> [What this task involves] Only the lines of the data below from the one with "repository 9dfad7a299905027" through the one with "ghost use Rattle.spec_exchange.specs.State" are wanted. Repeat them exactly.

> [Supplied entries]
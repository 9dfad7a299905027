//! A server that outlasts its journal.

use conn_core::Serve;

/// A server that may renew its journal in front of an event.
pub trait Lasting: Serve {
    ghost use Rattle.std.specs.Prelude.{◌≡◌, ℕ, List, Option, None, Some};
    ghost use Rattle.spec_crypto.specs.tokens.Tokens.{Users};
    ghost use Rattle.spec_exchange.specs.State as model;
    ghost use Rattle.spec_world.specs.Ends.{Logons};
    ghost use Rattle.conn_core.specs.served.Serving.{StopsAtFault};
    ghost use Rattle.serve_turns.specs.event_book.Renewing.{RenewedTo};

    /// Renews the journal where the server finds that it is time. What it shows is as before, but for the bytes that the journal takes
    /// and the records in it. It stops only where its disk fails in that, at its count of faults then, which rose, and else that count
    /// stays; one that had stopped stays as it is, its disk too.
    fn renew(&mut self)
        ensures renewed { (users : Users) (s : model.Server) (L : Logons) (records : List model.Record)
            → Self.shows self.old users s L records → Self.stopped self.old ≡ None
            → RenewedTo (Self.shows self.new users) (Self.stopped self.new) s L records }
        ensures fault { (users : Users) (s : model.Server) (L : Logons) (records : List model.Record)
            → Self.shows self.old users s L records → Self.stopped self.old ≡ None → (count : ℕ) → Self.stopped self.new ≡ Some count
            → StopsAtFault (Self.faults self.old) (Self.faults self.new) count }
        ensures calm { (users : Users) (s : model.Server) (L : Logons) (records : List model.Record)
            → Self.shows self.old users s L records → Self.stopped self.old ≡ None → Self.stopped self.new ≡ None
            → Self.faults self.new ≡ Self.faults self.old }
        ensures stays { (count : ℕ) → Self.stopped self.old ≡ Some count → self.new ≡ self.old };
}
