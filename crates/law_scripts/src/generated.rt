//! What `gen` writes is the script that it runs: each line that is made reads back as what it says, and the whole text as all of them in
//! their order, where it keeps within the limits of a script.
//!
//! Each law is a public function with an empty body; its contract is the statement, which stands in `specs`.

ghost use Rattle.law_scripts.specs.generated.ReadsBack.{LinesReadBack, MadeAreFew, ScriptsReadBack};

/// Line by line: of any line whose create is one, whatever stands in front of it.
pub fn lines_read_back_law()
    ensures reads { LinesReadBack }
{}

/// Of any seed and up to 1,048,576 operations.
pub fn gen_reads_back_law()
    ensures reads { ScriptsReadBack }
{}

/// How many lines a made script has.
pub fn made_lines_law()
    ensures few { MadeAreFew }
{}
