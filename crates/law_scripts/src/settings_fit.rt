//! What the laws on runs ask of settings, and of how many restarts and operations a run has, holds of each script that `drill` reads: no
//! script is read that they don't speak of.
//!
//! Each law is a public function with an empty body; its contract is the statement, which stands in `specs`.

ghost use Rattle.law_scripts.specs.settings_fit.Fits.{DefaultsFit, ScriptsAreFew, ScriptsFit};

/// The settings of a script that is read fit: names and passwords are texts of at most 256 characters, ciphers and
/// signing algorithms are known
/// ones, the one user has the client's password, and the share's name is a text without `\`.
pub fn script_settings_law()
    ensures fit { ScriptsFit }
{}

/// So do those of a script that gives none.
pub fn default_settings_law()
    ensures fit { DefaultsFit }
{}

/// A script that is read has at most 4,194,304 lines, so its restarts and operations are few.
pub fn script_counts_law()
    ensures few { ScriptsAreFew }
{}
* * *
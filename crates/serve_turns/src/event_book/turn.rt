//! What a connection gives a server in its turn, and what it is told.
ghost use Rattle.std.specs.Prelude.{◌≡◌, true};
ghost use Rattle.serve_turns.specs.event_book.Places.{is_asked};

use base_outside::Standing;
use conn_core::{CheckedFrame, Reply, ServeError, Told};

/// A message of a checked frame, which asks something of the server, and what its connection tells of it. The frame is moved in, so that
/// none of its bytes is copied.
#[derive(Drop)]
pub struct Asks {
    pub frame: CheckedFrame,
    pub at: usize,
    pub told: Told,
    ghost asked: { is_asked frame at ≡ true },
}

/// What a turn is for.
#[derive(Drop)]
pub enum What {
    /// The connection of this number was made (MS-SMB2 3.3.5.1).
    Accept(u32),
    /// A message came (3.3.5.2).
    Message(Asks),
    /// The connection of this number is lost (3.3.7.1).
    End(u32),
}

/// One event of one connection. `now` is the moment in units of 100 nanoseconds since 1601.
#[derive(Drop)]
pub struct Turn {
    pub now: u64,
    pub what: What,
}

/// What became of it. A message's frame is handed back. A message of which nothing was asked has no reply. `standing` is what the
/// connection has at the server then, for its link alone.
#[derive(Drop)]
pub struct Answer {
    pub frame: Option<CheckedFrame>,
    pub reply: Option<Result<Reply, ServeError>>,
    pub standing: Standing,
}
---
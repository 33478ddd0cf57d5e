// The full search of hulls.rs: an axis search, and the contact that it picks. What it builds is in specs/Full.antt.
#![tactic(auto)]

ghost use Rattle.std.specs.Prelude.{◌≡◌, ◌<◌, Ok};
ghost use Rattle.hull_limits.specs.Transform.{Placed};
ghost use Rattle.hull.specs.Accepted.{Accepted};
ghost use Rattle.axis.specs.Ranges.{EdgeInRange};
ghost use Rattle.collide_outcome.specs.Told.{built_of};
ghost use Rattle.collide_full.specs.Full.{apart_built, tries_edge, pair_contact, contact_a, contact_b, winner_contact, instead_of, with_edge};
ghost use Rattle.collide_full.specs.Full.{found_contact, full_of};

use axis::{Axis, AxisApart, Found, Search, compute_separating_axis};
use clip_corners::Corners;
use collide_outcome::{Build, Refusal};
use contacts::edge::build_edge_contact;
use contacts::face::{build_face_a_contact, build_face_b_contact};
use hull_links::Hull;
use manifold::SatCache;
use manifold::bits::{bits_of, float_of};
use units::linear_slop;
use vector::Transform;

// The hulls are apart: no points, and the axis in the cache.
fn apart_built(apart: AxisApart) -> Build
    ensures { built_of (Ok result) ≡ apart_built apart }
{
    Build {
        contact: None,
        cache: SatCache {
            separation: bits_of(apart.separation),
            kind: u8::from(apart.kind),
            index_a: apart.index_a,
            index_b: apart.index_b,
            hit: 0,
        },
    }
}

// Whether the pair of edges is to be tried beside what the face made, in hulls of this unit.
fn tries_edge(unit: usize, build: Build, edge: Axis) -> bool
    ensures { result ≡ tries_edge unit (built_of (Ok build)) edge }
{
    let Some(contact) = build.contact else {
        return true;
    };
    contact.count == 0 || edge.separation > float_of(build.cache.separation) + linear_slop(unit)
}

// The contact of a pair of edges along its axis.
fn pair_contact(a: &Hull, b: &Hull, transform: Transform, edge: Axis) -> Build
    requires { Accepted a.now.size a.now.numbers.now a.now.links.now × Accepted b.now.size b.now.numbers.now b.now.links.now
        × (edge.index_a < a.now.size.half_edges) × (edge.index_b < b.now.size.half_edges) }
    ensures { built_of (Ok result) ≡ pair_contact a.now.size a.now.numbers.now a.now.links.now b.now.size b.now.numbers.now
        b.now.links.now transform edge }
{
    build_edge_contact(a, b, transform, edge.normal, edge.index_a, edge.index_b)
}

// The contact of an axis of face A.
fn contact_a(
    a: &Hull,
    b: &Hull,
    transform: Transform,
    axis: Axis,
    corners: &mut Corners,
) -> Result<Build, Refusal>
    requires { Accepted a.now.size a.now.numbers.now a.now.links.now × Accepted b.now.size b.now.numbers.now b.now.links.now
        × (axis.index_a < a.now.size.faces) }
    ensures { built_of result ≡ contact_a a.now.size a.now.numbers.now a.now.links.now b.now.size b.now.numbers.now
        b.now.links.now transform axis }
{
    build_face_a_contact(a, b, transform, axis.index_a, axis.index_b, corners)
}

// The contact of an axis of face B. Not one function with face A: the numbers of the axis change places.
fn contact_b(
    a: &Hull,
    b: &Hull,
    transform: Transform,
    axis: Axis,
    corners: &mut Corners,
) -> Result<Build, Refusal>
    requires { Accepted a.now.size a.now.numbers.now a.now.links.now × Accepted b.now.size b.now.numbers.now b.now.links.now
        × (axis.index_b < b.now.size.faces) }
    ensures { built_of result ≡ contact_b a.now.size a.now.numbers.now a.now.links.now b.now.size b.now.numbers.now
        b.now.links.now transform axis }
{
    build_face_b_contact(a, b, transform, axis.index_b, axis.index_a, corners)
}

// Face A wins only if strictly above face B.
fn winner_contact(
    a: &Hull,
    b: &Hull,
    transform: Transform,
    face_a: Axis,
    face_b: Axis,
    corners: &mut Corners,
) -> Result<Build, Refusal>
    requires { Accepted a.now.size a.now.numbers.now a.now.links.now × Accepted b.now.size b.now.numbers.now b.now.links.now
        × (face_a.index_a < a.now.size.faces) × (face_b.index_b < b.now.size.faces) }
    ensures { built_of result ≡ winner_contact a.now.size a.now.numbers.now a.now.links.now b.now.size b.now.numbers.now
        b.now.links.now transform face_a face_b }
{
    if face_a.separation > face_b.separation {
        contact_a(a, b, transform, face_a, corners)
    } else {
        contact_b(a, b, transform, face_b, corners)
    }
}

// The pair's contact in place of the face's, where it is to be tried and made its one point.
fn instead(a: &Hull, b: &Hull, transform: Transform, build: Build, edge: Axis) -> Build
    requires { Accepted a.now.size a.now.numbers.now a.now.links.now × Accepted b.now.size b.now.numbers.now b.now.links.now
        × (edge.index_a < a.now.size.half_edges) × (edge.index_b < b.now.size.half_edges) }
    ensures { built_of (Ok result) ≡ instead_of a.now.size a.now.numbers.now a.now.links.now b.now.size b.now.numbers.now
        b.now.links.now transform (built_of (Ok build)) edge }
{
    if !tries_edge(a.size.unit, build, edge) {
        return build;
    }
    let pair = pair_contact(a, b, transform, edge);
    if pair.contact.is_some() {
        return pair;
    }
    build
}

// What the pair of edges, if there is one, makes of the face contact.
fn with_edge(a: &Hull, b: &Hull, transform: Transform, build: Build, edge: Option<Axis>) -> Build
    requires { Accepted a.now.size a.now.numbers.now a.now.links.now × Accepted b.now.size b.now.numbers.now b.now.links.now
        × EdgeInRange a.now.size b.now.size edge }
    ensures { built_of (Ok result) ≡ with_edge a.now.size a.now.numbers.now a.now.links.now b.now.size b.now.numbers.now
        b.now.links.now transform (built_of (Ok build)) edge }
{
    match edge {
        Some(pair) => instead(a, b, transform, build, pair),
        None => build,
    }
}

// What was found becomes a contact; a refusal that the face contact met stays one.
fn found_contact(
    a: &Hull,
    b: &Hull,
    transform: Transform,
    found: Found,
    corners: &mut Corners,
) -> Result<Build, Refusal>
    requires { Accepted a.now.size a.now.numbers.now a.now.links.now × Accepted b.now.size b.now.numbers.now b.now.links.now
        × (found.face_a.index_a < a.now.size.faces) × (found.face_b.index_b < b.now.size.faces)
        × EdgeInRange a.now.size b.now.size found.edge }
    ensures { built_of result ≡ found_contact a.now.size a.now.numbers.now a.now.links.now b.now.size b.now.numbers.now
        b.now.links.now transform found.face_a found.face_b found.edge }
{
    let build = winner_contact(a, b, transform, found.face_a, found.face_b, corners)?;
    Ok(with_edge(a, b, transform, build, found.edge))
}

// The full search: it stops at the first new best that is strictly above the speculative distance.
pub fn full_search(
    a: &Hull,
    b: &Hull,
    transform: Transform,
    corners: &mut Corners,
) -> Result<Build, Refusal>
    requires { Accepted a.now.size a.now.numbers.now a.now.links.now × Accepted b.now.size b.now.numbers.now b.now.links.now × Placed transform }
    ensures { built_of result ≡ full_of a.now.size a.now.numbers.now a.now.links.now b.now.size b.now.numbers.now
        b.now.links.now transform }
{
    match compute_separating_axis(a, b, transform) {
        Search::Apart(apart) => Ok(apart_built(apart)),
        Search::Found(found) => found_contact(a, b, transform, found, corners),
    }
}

> [Problem solution]
repository 9dfad7a299905027
//! A server that outlasts its journal.

use conn_core::Serve;

/// A server that may renew its journal in front of an event.
pub trait Lasting: Serve {
    ghost use Rattle.std.specs.Prelude.{◌≡◌, ℕ, List, Option, None, Some};
    ghost use Rattle.spec_crypto.specs.tokens.Tokens.{Users};
    ghost use Rattle.spec_exchange.specs.State as model;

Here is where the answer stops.